*REQUIRED WORK:* Identify all lines of the data containing the string "impl" and copy them.

*SOURCE MATERIAL:*

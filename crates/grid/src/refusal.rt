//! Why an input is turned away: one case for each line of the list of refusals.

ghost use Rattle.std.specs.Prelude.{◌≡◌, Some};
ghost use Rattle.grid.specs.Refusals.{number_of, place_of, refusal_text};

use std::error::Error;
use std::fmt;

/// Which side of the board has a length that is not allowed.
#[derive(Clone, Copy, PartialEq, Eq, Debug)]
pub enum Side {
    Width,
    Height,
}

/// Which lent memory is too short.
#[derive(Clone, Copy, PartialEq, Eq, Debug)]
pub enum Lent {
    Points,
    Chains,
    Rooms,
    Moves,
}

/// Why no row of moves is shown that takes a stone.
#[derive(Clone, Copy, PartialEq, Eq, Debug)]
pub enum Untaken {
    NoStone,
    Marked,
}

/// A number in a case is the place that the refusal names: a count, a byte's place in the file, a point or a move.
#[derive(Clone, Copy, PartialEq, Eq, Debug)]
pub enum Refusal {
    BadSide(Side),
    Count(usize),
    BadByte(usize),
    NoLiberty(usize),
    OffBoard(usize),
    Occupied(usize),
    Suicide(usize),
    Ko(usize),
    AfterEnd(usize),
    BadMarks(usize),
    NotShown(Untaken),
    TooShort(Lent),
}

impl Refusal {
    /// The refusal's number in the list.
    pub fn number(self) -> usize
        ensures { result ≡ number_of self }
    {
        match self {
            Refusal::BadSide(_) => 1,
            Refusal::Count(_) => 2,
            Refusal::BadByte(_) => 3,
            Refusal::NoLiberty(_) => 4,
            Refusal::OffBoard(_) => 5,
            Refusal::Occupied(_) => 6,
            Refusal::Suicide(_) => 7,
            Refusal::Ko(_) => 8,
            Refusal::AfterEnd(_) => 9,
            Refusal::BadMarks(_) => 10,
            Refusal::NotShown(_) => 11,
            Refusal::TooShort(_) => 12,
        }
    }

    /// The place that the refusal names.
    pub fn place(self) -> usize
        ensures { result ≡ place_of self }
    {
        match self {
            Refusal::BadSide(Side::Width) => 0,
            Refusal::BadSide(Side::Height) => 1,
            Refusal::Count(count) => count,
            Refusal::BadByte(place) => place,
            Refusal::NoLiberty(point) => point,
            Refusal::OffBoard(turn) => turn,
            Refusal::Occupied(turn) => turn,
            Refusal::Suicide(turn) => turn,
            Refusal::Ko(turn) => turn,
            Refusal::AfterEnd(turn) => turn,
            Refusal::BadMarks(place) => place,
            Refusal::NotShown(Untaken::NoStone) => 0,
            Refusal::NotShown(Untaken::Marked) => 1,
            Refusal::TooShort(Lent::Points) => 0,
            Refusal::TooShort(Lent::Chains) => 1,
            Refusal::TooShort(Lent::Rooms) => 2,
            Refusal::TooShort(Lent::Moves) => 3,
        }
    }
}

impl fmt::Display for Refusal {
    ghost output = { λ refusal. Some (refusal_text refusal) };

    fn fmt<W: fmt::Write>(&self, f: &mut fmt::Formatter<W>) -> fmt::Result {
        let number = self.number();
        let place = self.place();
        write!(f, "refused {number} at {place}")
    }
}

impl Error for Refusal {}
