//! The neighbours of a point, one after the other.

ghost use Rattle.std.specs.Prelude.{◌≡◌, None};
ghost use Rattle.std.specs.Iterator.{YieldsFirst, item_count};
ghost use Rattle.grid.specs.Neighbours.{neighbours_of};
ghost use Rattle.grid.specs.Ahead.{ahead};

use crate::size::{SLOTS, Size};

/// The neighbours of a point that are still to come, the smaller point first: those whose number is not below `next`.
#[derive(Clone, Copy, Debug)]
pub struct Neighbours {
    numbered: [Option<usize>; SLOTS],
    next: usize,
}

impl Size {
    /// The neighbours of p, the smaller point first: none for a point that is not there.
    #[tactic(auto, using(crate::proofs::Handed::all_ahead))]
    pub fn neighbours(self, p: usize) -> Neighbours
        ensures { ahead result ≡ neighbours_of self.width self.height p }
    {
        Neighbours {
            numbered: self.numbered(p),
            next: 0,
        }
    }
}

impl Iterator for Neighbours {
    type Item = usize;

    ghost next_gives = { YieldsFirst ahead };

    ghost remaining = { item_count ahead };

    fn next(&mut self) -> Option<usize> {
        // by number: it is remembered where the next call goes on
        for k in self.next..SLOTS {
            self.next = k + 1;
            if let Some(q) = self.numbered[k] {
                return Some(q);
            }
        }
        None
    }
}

---

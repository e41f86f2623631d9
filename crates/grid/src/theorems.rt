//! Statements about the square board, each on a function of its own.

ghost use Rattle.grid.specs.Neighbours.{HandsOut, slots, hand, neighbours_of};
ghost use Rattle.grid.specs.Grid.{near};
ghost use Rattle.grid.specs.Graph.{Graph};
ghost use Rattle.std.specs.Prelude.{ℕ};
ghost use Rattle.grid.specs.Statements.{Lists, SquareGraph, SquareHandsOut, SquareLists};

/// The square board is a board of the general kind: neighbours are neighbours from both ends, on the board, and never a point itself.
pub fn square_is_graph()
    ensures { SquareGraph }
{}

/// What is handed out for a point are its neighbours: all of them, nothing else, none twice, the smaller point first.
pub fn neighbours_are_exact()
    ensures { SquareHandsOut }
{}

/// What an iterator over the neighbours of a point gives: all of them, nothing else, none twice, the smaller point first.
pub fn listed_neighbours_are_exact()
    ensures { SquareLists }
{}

*OUTPUT:*
impl Refusal {
impl fmt::Display for Refusal {
impl Error for Refusal {}
impl Size {
impl Iterator for Neighbours {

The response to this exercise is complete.